> **Assigned task**:
When a line of the records below contains the string "RootLock", copy that whole line.

BEGIN Material provided

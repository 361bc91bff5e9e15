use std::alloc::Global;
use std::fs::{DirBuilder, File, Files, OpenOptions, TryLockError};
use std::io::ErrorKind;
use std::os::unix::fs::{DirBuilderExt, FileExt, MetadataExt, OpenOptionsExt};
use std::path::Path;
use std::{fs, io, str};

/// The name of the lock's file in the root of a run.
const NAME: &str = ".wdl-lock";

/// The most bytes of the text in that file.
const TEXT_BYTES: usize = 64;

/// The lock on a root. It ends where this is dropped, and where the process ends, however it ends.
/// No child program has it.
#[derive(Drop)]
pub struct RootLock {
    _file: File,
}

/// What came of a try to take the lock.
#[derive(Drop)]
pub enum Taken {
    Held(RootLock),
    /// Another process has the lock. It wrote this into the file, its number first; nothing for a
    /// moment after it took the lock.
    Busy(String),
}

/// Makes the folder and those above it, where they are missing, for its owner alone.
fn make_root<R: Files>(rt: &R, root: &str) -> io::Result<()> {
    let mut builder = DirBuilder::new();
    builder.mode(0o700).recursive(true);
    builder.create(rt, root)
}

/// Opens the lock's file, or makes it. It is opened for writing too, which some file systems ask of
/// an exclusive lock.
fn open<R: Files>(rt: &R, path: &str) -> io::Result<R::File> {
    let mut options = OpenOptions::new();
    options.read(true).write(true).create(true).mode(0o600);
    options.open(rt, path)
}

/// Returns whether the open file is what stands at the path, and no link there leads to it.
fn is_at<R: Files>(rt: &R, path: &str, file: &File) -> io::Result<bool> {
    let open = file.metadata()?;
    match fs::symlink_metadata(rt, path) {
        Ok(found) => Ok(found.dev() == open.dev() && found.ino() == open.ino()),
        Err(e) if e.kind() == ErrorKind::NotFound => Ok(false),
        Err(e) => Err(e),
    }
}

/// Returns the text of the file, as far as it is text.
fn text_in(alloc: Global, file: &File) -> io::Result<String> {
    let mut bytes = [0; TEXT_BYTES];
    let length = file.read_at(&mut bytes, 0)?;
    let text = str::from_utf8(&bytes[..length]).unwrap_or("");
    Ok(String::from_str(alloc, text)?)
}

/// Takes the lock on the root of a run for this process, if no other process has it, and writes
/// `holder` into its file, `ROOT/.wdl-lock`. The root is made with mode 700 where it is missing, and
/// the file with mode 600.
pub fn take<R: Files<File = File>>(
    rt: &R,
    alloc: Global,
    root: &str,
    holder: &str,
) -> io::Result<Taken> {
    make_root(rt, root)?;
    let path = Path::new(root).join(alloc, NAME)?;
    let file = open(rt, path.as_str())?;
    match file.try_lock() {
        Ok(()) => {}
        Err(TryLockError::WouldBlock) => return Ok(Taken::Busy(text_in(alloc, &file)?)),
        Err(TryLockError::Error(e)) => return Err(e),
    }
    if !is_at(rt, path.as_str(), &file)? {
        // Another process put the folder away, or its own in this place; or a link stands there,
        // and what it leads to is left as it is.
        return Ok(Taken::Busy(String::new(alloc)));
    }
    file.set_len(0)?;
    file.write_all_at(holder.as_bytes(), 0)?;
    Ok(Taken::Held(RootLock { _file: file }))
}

END Material provided
BEGIN Material provided

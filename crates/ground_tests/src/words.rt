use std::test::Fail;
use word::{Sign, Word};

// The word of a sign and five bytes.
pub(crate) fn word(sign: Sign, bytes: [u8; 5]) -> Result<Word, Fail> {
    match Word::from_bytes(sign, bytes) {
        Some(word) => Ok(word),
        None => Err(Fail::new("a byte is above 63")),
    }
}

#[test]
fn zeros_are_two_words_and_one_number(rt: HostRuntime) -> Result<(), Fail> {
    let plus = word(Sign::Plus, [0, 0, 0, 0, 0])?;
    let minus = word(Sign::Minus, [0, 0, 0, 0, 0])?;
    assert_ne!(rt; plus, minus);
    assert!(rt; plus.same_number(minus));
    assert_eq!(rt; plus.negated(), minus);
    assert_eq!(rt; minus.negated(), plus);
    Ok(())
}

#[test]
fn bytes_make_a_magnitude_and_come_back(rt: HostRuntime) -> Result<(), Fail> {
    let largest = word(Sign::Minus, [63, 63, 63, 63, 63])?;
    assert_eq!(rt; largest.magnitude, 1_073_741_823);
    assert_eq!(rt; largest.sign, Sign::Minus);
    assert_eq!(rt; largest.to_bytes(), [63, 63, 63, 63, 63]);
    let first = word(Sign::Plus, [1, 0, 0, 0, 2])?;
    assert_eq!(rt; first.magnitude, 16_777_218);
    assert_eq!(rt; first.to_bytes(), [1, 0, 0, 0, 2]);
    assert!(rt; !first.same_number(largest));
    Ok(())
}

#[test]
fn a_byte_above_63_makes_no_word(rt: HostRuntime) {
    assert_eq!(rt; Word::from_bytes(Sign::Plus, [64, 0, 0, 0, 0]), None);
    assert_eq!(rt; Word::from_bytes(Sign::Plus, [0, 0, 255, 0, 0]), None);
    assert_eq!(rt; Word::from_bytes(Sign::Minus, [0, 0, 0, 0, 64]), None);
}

END Material provided

> **Output for this exercise**:
pub struct RootLock {
    Held(RootLock),
    Ok(Taken::Held(RootLock { _file: file }))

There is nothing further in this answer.